Chase Manhattan Mortgage and Realty Trust ("Chase") is the holder of a mortgage in the principal sum of approximately $7.5 million on the Park Crescent. When the debtor failed to make timely payments on this mortgage in 1976, Chase commenced an action in the Supreme Court of the State of New York to foreclose the mortgage. On October 29, 1976, Chase obtained summary judgment in its favor in the mortgage foreclosure proceeding, and after judgment was entered on May 17, 1977, a foreclosure sale of the property was set for June 10, 1977.

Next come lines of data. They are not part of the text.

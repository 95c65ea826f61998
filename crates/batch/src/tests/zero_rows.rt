//! Whole rows that are made zero, as runs.
use super::*;
use entry_runs::Run;

// Adds rows that are not there.
fn add(rt: &impl Abort, rows: &mut ZeroRows, first: u32, count: u32) -> bool {
    assert!(rt; count >= 1);
    assert!(rt; count <= 1024);
    assert!(rt; u64::from(first) + u64::from(count) <= 1 << 32);
    assert!(rt; rows.has_none_of(first, count));
    rows.add(first, count)
}

// Rows of zeros from one on, as many.
fn zeros(first: u32, length: u16) -> Run {
    Run {
        first,
        length,
        mask: 0,
    }
}

// The runs that an entry of these rows has; there is one row at least.
fn has_runs(rt: &impl Abort, rows: &ZeroRows, want: &[Run]) {
    let mut builder = RunsBuilder::new();
    rows.put_in(&mut builder);
    let runs = builder.to_runs().expect(rt, "there are rows");
    assert!(rt; runs.list.as_slice() == want);
}

// Rows 0 to 65,527.
fn rows_to_65528(rt: &impl Abort) -> ZeroRows {
    let mut rows = ZeroRows::new();
    for i in 0..63u32 {
        assert!(rt; add(rt, &mut rows, 1024 * i, 1024));
    }
    assert!(rt; add(rt, &mut rows, 64512, 1016));
    rows
}

#[test]
fn falling_stripes_are_one_run(rt: HostRuntime) {
    let mut rows = ZeroRows::new();
    assert!(rt; rows.is_empty());
    for i in 0..20u32 {
        assert!(rt; add(&rt, &mut rows, 8 * (19 - i), 8));
    }
    has_runs(&rt, &rows, &[zeros(0, 160)]);
    assert!(rt; !rows.is_empty());
    rows.clear();
    assert!(rt; rows.is_empty());
    assert!(rt; rows.has_none_of(0, 160));
}

#[test]
fn a_gap_of_one_row_stays(rt: HostRuntime) {
    let mut rows = ZeroRows::new();
    assert!(rt; add(&rt, &mut rows, 9, 8));
    assert!(rt; add(&rt, &mut rows, 0, 8));
    assert!(rt; add(&rt, &mut rows, 18, 8));
    has_runs(&rt, &rows, &[zeros(0, 8), zeros(9, 8), zeros(18, 8)]);
    assert!(rt; rows.has_none_of(8, 1));
    assert!(rt; !rows.has_none_of(8, 2));
    assert!(rt; !rows.has_none_of(7, 2));
    assert!(rt; !rows.has_none_of(4, 1024));
}

#[test]
fn what_lies_between_joins_two_runs(rt: HostRuntime) {
    let mut rows = ZeroRows::new();
    assert!(rt; add(&rt, &mut rows, 16, 8));
    assert!(rt; add(&rt, &mut rows, 0, 8));
    assert!(rt; add(&rt, &mut rows, 32, 8));
    assert!(rt; add(&rt, &mut rows, 8, 8));
    has_runs(&rt, &rows, &[zeros(0, 24), zeros(32, 8)]);
}

#[test]
fn the_59th_run_is_refused(rt: HostRuntime) {
    let mut rows = ZeroRows::new();
    let mut want = Vec::new(rt.alloc());
    for i in 0..58u32 {
        assert!(rt; add(&rt, &mut rows, 16 * i, 8));
        want.push(zeros(16 * i, 8)).expect(&rt, "memory");
    }
    assert!(rt; !add(&rt, &mut rows, 928, 8));
    assert!(rt; !add(&rt, &mut rows, 9, 1));
    has_runs(&rt, &rows, &want);
    assert!(rt; add(&rt, &mut rows, 8, 8));
    assert!(rt; add(&rt, &mut rows, 928, 8));
}

#[test]
fn a_run_of_65536_rows_is_refused(rt: HostRuntime) {
    let mut rows = rows_to_65528(&rt);
    assert!(rt; !add(&rt, &mut rows, 65528, 8));
    has_runs(&rt, &rows, &[zeros(0, 65528)]);
    assert!(rt; add(&rt, &mut rows, 65529, 8));
    has_runs(&rt, &rows, &[zeros(0, 65528), zeros(65529, 8)]);
    assert!(rt; !add(&rt, &mut rows, 65528, 1));
    has_runs(&rt, &rows, &[zeros(0, 65528), zeros(65529, 8)]);
}

#[test]
fn a_run_of_65535_rows_is_taken(rt: HostRuntime) {
    let mut rows = rows_to_65528(&rt);
    assert!(rt; add(&rt, &mut rows, 65528, 7));
    has_runs(&rt, &rows, &[zeros(0, 65535)]);
}

#[test]
fn a_builder_has_these_rows_alone(rt: HostRuntime) {
    let mut builder = RunsBuilder::new();
    assert!(rt; builder.push_zeros(3, 2));
    let mut rows = ZeroRows::new();
    rows.put_in(&mut builder);
    assert!(rt; builder.to_runs().is_none());
    assert!(rt; add(&rt, &mut rows, u32::MAX - 1, 2));
    assert!(rt; add(&rt, &mut rows, 5, 1));
    rows.put_in(&mut builder);
    let want = [(5, 0), (u32::MAX - 1, 0), (u32::MAX, 0)];
    assert!(rt; &rows_in(&rt, &builder)[..] == &want[..]);
}
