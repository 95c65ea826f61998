//! Of which set a superblock stands in device files.
ghost use Rattle.std.specs.Prelude.{◌≡◌, ◌+◌, ◌*◌, ◌≤◌, ◌<◌, ◌⊎◌, ◌^◌, IfOk, IfSome, IsNone, IsTrue, OnErr, drop};
ghost use Rattle.std.specs.Prelude.{length};
ghost use Rattle.std.specs.Prelude.{Ok, slice_index_or, take, ℕ};
ghost use Rattle.device_files.specs.BankFiles.{contents_by};
ghost use Rattle.device_files.specs.Superblocks.{FindsSet, HasSector, IsSetAt, IsSetIn, IsSetInSlot};

use super::{BankFile, SECTOR_BYTES};
use sector_model::Sector;
use std::io::{self, ErrorKind};
use superblock::decode;

/// The id of the set of which a superblock stands in sector 0 or 1 (bytes 0 to 511, and 512 to 1,023) of the file of a
/// slot, whatever its format, its role and the place that it belongs to: the first one, by slots, and in a slot by
/// sectors. `None` where there is none. A sector that a file does not reach, or that can't be read, is passed over.
pub fn find_set<F: BankFile>(files: &[Option<F>]) -> Option<[u8; 16]>
    ensures { FindsSet F.tells F.told F.has_failed files.now result }
{
    for file in files {
        let found = set_in_slot(file);
        if found.is_some() {
            return found;
        }
    }
    None
}

// The same of the file of one slot, where there is one.
fn set_in_slot<F: BankFile>(file: &Option<F>) -> Option<[u8; 16]>
    ensures { IsSetInSlot F.tells F.told F.has_failed file.now result }
{
    match file {
        Some(file) => set_in(file),
        None => None,
    }
}

// The same of a file.
fn set_in<F: BankFile>(file: &F) -> Option<[u8; 16]>
    ensures { IsSetIn F.tells F.told F.has_failed file.now result }
{
    let first = set_at(file, 0);
    if first.is_some() {
        return first;
    }
    set_at(file, 1)
}

// The id of the set of which a superblock stands in a sector of a file.
fn set_at<F: BankFile>(file: &F, number: u64) -> Option<[u8; 16]>
    requires { number ≤ 1 }
    ensures { IsSetAt F.tells F.told F.has_failed file.now number result }
{
    let sector = sector_at(file, number)?;
    let superblock = decode(&sector)?;
    Some(superblock.table.id)
}

// A sector of a file. None where the file does not reach so far, or it can't be read.
fn sector_at<F: BankFile>(file: &F, number: u64) -> Option<Sector>
    requires { number ≤ 1 }
    ensures some { IsTrue F.tells → IfSome result (λ sector. HasSector (F.told file.now) number sector) }
    ensures none { IsNone result → F.has_failed file.now
        ⊎ (IsTrue F.tells → length (F.told file.now) < 512 * number + 512) }
{
    let place = SECTOR_BYTES * number;
    if file.size().ok()? < place + SECTOR_BYTES {
        return None;
    }
    read_whole(file, place).ok()
}

// Reads a sector at a byte place, whole, or it is a fault. A read that is interrupted is made again, and one that gives
// no byte is a fault.
fn read_whole<F: BankFile>(file: &F, place: u64) -> io::Result<Sector>
    requires place { place + 512 < 2 ^ 64 }
    requires within { IsTrue F.tells → place + 512 ≤ length (F.told file.now) }
    ensures read { IsTrue F.tells → IfOk result (λ sector. sector ≡ take 512 (drop place (F.told file.now))) }
    ensures failed { OnErr result (F.has_failed file.now) }
{
    let mut sector = [0; SECTOR_BYTES as usize];
    let mut done = 0;
    for _ in 0..u64::MAX {
        if done >= SECTOR_BYTES as usize {
            return Ok(sector);
        }
        match read_rest(file, place, &mut sector, done) {
            Ok(0) => return Err(ErrorKind::UnexpectedEof.into()),
            Ok(count) => done += count,
            Err(error) => {
                if error.kind() != ErrorKind::Interrupted {
                    return Err(error);
                }
            }
        }
    }
    Err(ErrorKind::TimedOut.into())
}

// One read into the rest of a sector.
fn read_rest<F: BankFile>(file: &F, place: u64, to: &mut Sector, done: usize) -> io::Result<usize>
    requires place { place + 512 < 2 ^ 64 }
    requires done { done ≤ 512 }
    requires within { IsTrue F.tells → place + 512 ≤ length (F.told file.now) }
    ensures bound { IfOk result (λ n. done + n ≤ 512) }
    ensures front { (k : ℕ) → k < done → slice_index_or to.new k 0 ≡ slice_index_or to.old k 0 }
    ensures read { IsTrue F.tells → IfOk result (λ n. (k : ℕ) → k < n
        → slice_index_or to.new (done + k) 0 ≡ (contents_by F.told F.left file.now).byte (place + done + k)) }
    ensures failed { OnErr result (F.has_failed file.now) }
    ensures ended { result ≡ Ok 0 → done < 512 → F.has_failed file.now }
{
    file.read_part(place + done as u64, &mut to[done..])
}
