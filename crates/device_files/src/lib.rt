//! The device files of a folder: opened and locked, made safe, searched for superblocks and cleared of them, lengthened
//! and taken back, lent to a bank, or read alone; and what stops that, with the line and the exit status of a program
//! that it stops.
#![tactic(auto)]

ghost use Rattle.std.specs.Prelude.{◌≡◌, ◌≤◌, ◌*◌, ◌++◌, [], ◌∷◌, IfErr, IfOk, OnOk, if◌then◌else◌, is_ok, length};
ghost use Rattle.std.specs.Prelude.{string_bytes};
ghost use Rattle.hex.specs.Hex.{encode_lower};
ghost use Rattle.superblock.specs.Counted.{least_sectors};
ghost use Rattle.device_files.specs.DeviceFiles.{slot_path};
ghost use Rattle.report.specs.Written.{WritesText};
ghost use Rattle.device_files.specs.Faults.{IsFaultTold, fault_line, set_there_line, shortage_words, unsynced_line};
ghost use Rattle.device_files.specs.Faults.{words_for};

mod clearing;
mod finding;
mod folders;
mod growing;
mod inspecting;
mod lending;
mod lengths;
mod locked;
mod memory;
mod opening;
mod passing;
mod paths;
mod reopening;
mod reserving;
mod slot_files;

pub use clearing::clear_places;
pub use finding::find_set;
pub use folders::{FolderSync, SystemFolders, sync_folders};
pub use growing::Growing;
pub use inspecting::{InspectFiles, InspectedFile, inspect_folder};
use layout_map::Geometry;
pub use lending::{BankFile, LentFile, ReadOnlyFile, bank_on, bank_to_inspect};
pub use lengths::shortest_of;
pub use locked::{Before, DeviceFiles, Lock, Locked, UndoLog};
pub use memory::HeldFile;
pub use opening::{open_folder, refuse_unsynced};
pub use passing::{pass_over, refuse_barred};
pub use reopening::reopen_slot;
use report::replies::{Answer, write_reply, write_slot_line, write_text};
pub use reserving::{SlotPaths, lengthen_slot, renew_slot, slot_paths, undo};
use sector_model::Refusal;
pub use slot_files::{CreateFault, OpenFault, SlotFiles};
use std::alloc::{AllocError, Global};
use std::io::Write;
use superblock::least_of;

const SECTOR_BYTES: u64 = 512;

/// The number of slots of a folder, whose device files are `dev0.img` to `dev9.img`.
pub const SLOTS: usize = 10;

/// Why a file that is there could not be opened, though its device may be well.
#[derive(Clone, Copy, Debug, PartialEq, Eq)]
pub enum Reason {
    /// The caller lacks a right (EACCES).
    Permission,
    /// The system forbids it (EPERM).
    NotPermitted,
    /// The file system can't be written (EROFS).
    ReadOnly,
    /// The caller has as many open files as he may have (EMFILE).
    TooManyFiles,
    /// The system has (ENFILE).
    TooManyFilesInSystem,
}

/// Why what a file holds could not be made safe, though its device may be well.
#[derive(Clone, Copy, Debug, PartialEq, Eq)]
pub enum Shortage {
    /// The device is full (ENOSPC).
    Space,
    /// The caller's quota is used up (EDQUOT).
    Quota,
}

/// Why a command over the device files of a folder was not done. A slot is below 10.
#[derive(Clone, Copy, Drop)]
pub enum FolderFault {
    /// The file of this slot could not be created, lengthened, cleared or synced, also where its sync failed when it
    /// was opened, or its length could not be told.
    NoFile(u8),
    /// Another program, or another slot, has the lock of this slot's file, or its path leads elsewhere since it was
    /// opened.
    InUse(u8),
    /// The file of this slot is there, and could not be opened for this reason.
    NotOpened(u8, Reason),
    /// What stands in the place of this slot's file is neither absent nor a regular file.
    NotRegular(u8),
    /// The file of this slot could not be synced when it was opened, for want of this.
    NotSafe(u8, Shortage),
    /// This slot, after those of the set that was to be made, has a superblock of the same id.
    OtherSet(u8),
    /// The file of this slot is not there, and is needed.
    Absent(u8),
    /// A superblock of the set of this id is there, where no set may be.
    SetThere([u8; 16]),
    /// The folder, or one to which a link in it leads, could not be synced.
    NotSynced,
    /// The command was refused.
    Refused(Refusal),
}

impl From<Refusal> for FolderFault {
    ghost use Rattle.std.specs.Prelude.{◌≡◌};
    ghost use Rattle.device_files.specs.declared.FolderFault.TheVariants.{Refused};

    ghost from_gives = { λ refusal fault. fault ≡ Refused refusal };

    fn from(refusal: Refusal) -> FolderFault {
        FolderFault::Refused(refusal)
    }
}

impl From<AllocError> for FolderFault {
    ghost use Rattle.std.specs.Prelude.{◌≡◌};
    ghost use Rattle.device_files.specs.declared.FolderFault.TheVariants.{Refused};
    ghost use Rattle.sector_model.specs.declared.refusal.Refusal.TheVariants.{Memory};

    ghost from_gives = { λ _ fault. fault ≡ Refused Memory };

    fn from(_: AllocError) -> FolderFault {
        FolderFault::Refused(Refusal::Memory)
    }
}

/// The exit status of what was done over the files of a folder: 0, with nothing written, or 1, with the line of the
/// fault written to `err` or a beginning of it, since a fault of `err` has no place to be told. That line is one of
///
/// - `cannot make dev3.img` and `in use dev3.img`
/// - `cannot open dev3.img: permission denied`, or `operation not permitted`, `read-only file system`,
///   `too many open files`, `too many open files in system`
/// - `not a regular file: dev3.img`
/// - `cannot sync dev3.img: no space left on device`, or `disk quota exceeded`
/// - `another set with this id: dev5.img`
/// - `no file: dev2.img`
/// - `there is a set: ` and the id in 32 lower case hexadecimal digits
/// - `cannot sync FOLDER`
/// - a refusal, as `refused 11 NotUsable`
pub fn folder_status<E: Write>(done: Result<(), FolderFault>, folder: &str, err: &mut E) -> u8
    ensures status { result ≡ (if is_ok done then 0 else 1) }
    ensures quiet { OnOk done (err.new ≡ err.old) }
    ensures told { IfErr done (λ fault. IsFaultTold folder.now fault (E.contents err.old) (E.contents err.new)) }
{
    let Err(fault) = done else {
        return 0;
    };
    let _ = write_fault(err, folder, fault);
    1
}

// Writes the line of a fault.
fn write_fault<E: Write>(err: &mut E, folder: &str, fault: FolderFault) -> Result<(), Refusal>
    ensures { WritesText (E.contents err.old) (E.contents err.new) (fault_line folder.now fault) result }
{
    match fault {
        FolderFault::NoFile(slot) => write_slot_line(err, b"cannot make ", slot, b""),
        FolderFault::InUse(slot) => write_slot_line(err, b"in use ", slot, b""),
        FolderFault::NotOpened(slot, reason) => {
            write_slot_line(err, b"cannot open ", slot, words_of(reason))
        }
        FolderFault::NotRegular(slot) => write_slot_line(err, b"not a regular file: ", slot, b""),
        FolderFault::NotSafe(slot, shortage) => {
            write_slot_line(err, b"cannot sync ", slot, words_of_shortage(shortage))
        }
        FolderFault::OtherSet(slot) => {
            write_slot_line(err, b"another set with this id: ", slot, b"")
        }
        FolderFault::Absent(slot) => write_slot_line(err, b"no file: ", slot, b""),
        FolderFault::SetThere(id) => write_set_there(err, &id),
        FolderFault::NotSynced => write_unsynced(err, folder),
        FolderFault::Refused(refusal) => write_reply(err, &Answer::Refused(refusal)),
    }
}

// What stands after the name of a file that could not be opened.
fn words_of(reason: Reason) -> &'static [u8]
    ensures words { result.now ≡ words_for reason }
    ensures most { length result.now ≤ 31 }
{
    match reason {
        Reason::Permission => b": permission denied",
        Reason::NotPermitted => b": operation not permitted",
        Reason::ReadOnly => b": read-only file system",
        Reason::TooManyFiles => b": too many open files",
        Reason::TooManyFilesInSystem => b": too many open files in system",
    }
}

// What stands after the name of a file that could not be synced.
fn words_of_shortage(shortage: Shortage) -> &'static [u8]
    ensures words { result.now ≡ shortage_words shortage }
    ensures most { length result.now ≤ 31 }
{
    match shortage {
        Shortage::Space => b": no space left on device",
        Shortage::Quota => b": disk quota exceeded",
    }
}

// Writes `there is a set: `, the digits of an id and a newline.
fn write_set_there<E: Write>(err: &mut E, id: &[u8; 16]) -> Result<(), Refusal>
    ensures { WritesText (E.contents err.old) (E.contents err.new) (set_there_line id.now) result }
{
    write_text(err, b"there is a set: ")?;
    write_text(err, &id_line(id))
}

// The digits of an id and a newline.
fn id_line(id: &[u8; 16]) -> [u8; 33]
    ensures { result ≡ encode_lower id.now ++ 10 ∷ [] }
{
    let mut line = [b'\n'; 33];
    let _ = hex::encode_to_slice(id, &mut line[..32]);
    line
}

// Writes `cannot sync FOLDER` and a newline.
fn write_unsynced<E: Write>(err: &mut E, folder: &str) -> Result<(), Refusal>
    ensures { WritesText (E.contents err.old) (E.contents err.new) (unsynced_line folder.now) result }
{
    write_text(err, b"cannot sync ")?;
    write_text(err, folder.as_bytes())?;
    write_text(err, b"\n")
}

/// The least bytes that the file of a slot has in a set of this geometry: those of a member's device for a slot below
/// the number of members, and those of a journal's for any other. It is a multiple of 512.
pub fn bytes_of(geometry: &Geometry, slot: u8) -> u64
    ensures { result ≡ 512 * least_sectors geometry.now slot }
{
    SECTOR_BYTES * u64::from(least_of(geometry, slot))
}

// The path of the file in a slot. `AllocError` where an allocation was refused.
pub(crate) fn path_of(alloc: Global, folder: &str, slot: u8) -> Result<String, AllocError>
    ensures { IfOk result (λ path. string_bytes path ≡ slot_path folder.now slot) }
{
    format!(in alloc; "{folder}/dev{slot}.img")
}

#[cfg(test)]
mod testing;
#[cfg(test)]
mod tests;
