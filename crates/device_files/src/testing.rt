//! What this crate's tests compare values with, and a writer that fails in the middle.

use std::fmt::Debug;
use std::io::{self, ErrorKind, Write};
use std::process::Abort;

/// Where a file takes all that it is given, and a writer never fails.
pub(crate) const WHOLE: usize = usize::MAX;

/// Ends the test where `got` is not `want`. As a call it leaves the test a fraction of what `assert_eq!` would
/// put into it, and so of the time that the test is checked in.
pub(crate) fn same<T: PartialEq + Debug + Drop>(rt: &impl Abort, got: T, want: T) {
    assert_eq!(rt; got, want);
}

/// Takes so many bytes, and then fails. It can't be flushed.
#[derive(Drop)]
pub(crate) struct Full {
    pub(crate) text: Vec<u8>,
    pub(crate) room: usize,
}

impl Write for Full {
    fn write(&mut self, buf: &[u8]) -> io::Result<usize> {
        let count = buf.len().min(self.room);
        if count == 0 {
            return Err(io::Error::from(ErrorKind::BrokenPipe));
        }
        self.text.extend_from_slice(&buf[..count])?;
        self.room -= count;
        Ok(count)
    }

    fn flush(&mut self) -> io::Result<()> {
        Err(io::Error::from(ErrorKind::Unsupported))
    }
}
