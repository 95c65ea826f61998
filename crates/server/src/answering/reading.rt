//! Blocks of a volume are read, more than one read of the store may have.
ghost use Rattle.std.specs.Prelude.{◌≡◌, ◌≤◌, ◌<◌, ◌+◌, ◌^◌, ◌↔◌, min, take, None, IfOk, IfErr, OnOk, length};
ghost use Rattle.array_io.specs.Believed.OpenArray.{IsHonest};
ghost use Rattle.volume_table.specs.OpenStore.{store_view};
ghost use Rattle.volume_table.specs.StoreCalls.{Applies};
ghost use Rattle.volume_table.specs.VolumeStep.{Blocks, OnVolumes, Read, Refused};
ghost use Rattle.volume_table.specs.declared.event.TheConstants.{MOST_BLOCKS_AT_ONCE};
ghost use Rattle.requests.specs.Demands.{ReadBlocks};
ghost use Rattle.server.specs.Answers.{IsServed, ReadsParts, StopsInRead};
ghost use Rattle.server.specs.Outcomes.{told_in};
ghost use Rattle.server.specs.declared.counts.TheConstants.{MOST_WRITTEN_AT_ONCE};

use super::Outcome;
use sector_model::{Bank, Refusal, Sector};
use volume_table::{MOST_BLOCKS_AT_ONCE, Store};

// Reads 1 to 2,048 blocks of the volume of this name, from block `at` on, which become the first of a buffer that has
// so many places.
pub(super) fn answer_read<B: Bank>(
    store: &mut Store<B>,
    name: &[u8],
    at: u32,
    count: u32,
    blocks: &mut [Sector],
) -> Outcome
    requires least { 1 ≤ count }
    requires most { count ≤ MOST_WRITTEN_AT_ONCE }
    requires room { MOST_WRITTEN_AT_ONCE ≤ length blocks.old }
    ensures honest { IsHonest store.old.array ↔ IsHonest store.new.array }
    ensures served { store.old.ended ≡ None → IsServed (IsHonest store.old.array) (ReadBlocks name.now at count)
        (store_view store.old) (store_view store.new) (told_in result blocks.new) }
{
    match store.admit(name, at, count) {
        Ok(_) => read_admitted(store, name, at, count, blocks),
        Err(refusal) => Outcome::Refused(refusal),
    }
}

// Reads blocks that the volume has.
fn read_admitted<B: Bank>(
    store: &mut Store<B>,
    name: &[u8],
    at: u32,
    count: u32,
    blocks: &mut [Sector],
) -> Outcome
    requires least { 1 ≤ count }
    requires most { count ≤ MOST_WRITTEN_AT_ONCE }
    requires room { MOST_WRITTEN_AT_ONCE ≤ length blocks.old }
    requires within { at + count < 2 ^ 32 }
    ensures honest { IsHonest store.old.array ↔ IsHonest store.new.array }
    ensures served { store.old.ended ≡ None → IsServed (IsHonest store.old.array) (ReadBlocks name.now at count)
        (store_view store.old) (store_view store.new) (told_in result blocks.new) }
{
    match read_parts(store, name, at, &mut blocks[..count as usize]) {
        Ok(()) => Outcome::Read(count as usize),
        Err(stopped) => Outcome::Refused(stopped),
    }
}

// Reads as many blocks as there are places, from block `at` on: 32 by each read of the store, and then the rest.
fn read_parts<B: Bank>(
    store: &mut Store<B>,
    name: &[u8],
    at: u32,
    to: &mut [Sector],
) -> Result<(), Refusal>
    requires { at + length to.old < 2 ^ 32 }
    ensures honest { IsHonest store.old.array ↔ IsHonest store.new.array }
    ensures reads { OnOk result (ReadsParts (IsHonest store.old.array) name.now at (at + length to.new) to.new
        (store_view store.old) (store_view store.new)) }
    ensures stops { IfErr result (StopsInRead (IsHonest store.old.array) name.now at (length to.old)
        (store_view store.old) (store_view store.new)) }
{
    let mut done = 0;
    'parts: while done < to.len() {
        let count = read_part(store, name, at + done as u32, &mut to[done..])?;
        done += count;
    }
    Ok(())
}

// Reads the next blocks, as many as there are places, but 32 at most: how many.
fn read_part<B: Bank>(
    store: &mut Store<B>,
    name: &[u8],
    at: u32,
    to: &mut [Sector],
) -> Result<usize, Refusal>
    requires some { 0 < length to.old }
    ensures honest { IsHonest store.old.array ↔ IsHonest store.new.array }
    ensures count { IfOk result (λ count. count ≡ min (length to.old) MOST_BLOCKS_AT_ONCE) }
    ensures read { IfOk result (λ count. Applies (IsHonest store.old.array) (OnVolumes (Read name.now at count))
        (store_view store.old) (store_view store.new) (Blocks (take count to.new))) }
    ensures refused { IfErr result (λ refusal. Applies (IsHonest store.old.array)
        (OnVolumes (Read name.now at (min (length to.old) MOST_BLOCKS_AT_ONCE))) (store_view store.old)
        (store_view store.new) (Refused refusal)) }
{
    let count = to.len().min(MOST_BLOCKS_AT_ONCE);
    store.read(name, at, &mut to[..count])?;
    Ok(count)
}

However, on June 9, 1977, Bergman filed in the Southern District of New York Bankruptcy Court a petition under Chapter XII, § 422 of the Bankruptcy Act.2 Thereupon, the bankruptcy court entered an order continuing the debtor in possession and operation of the business and property and staying the foreclosure sale. On June 17, 1977, on motion of New York Attorney General Louis Lefkowitz and Deputy Attorney General Charles J. Hynes, and with the consent of the debtor, the bankruptcy court appointed James L. Garrity as trustee of the debtor's property. Since that time the trustee has been operating the Park Crescent with the approval of the State Department of Health.3
By motion dated June 14, 1977, Chase sought summary dismissal of the bankruptcy proceeding on the ground that the debtor was neither the legal nor equitable owner of the Park Crescent realty, and was therefore not entitled to invoke the bankruptcy procedures of Chapter XII. The Chase motion was based on Bergman's entry into the September 14, 1976, plea agreement whereby he had assigned all of his assets to the special fund established for the purpose of making restitution to the State of New York for excess payments previously made by the State to Bergman pursuant to allegedly fraudulent reimbursement claims submitted by Bergman's nursing homes. Along with the motion to dismiss, Chase initiated an adversary proceeding seeking an order lifting and/or vacating the automatic stay of the foreclosure sale.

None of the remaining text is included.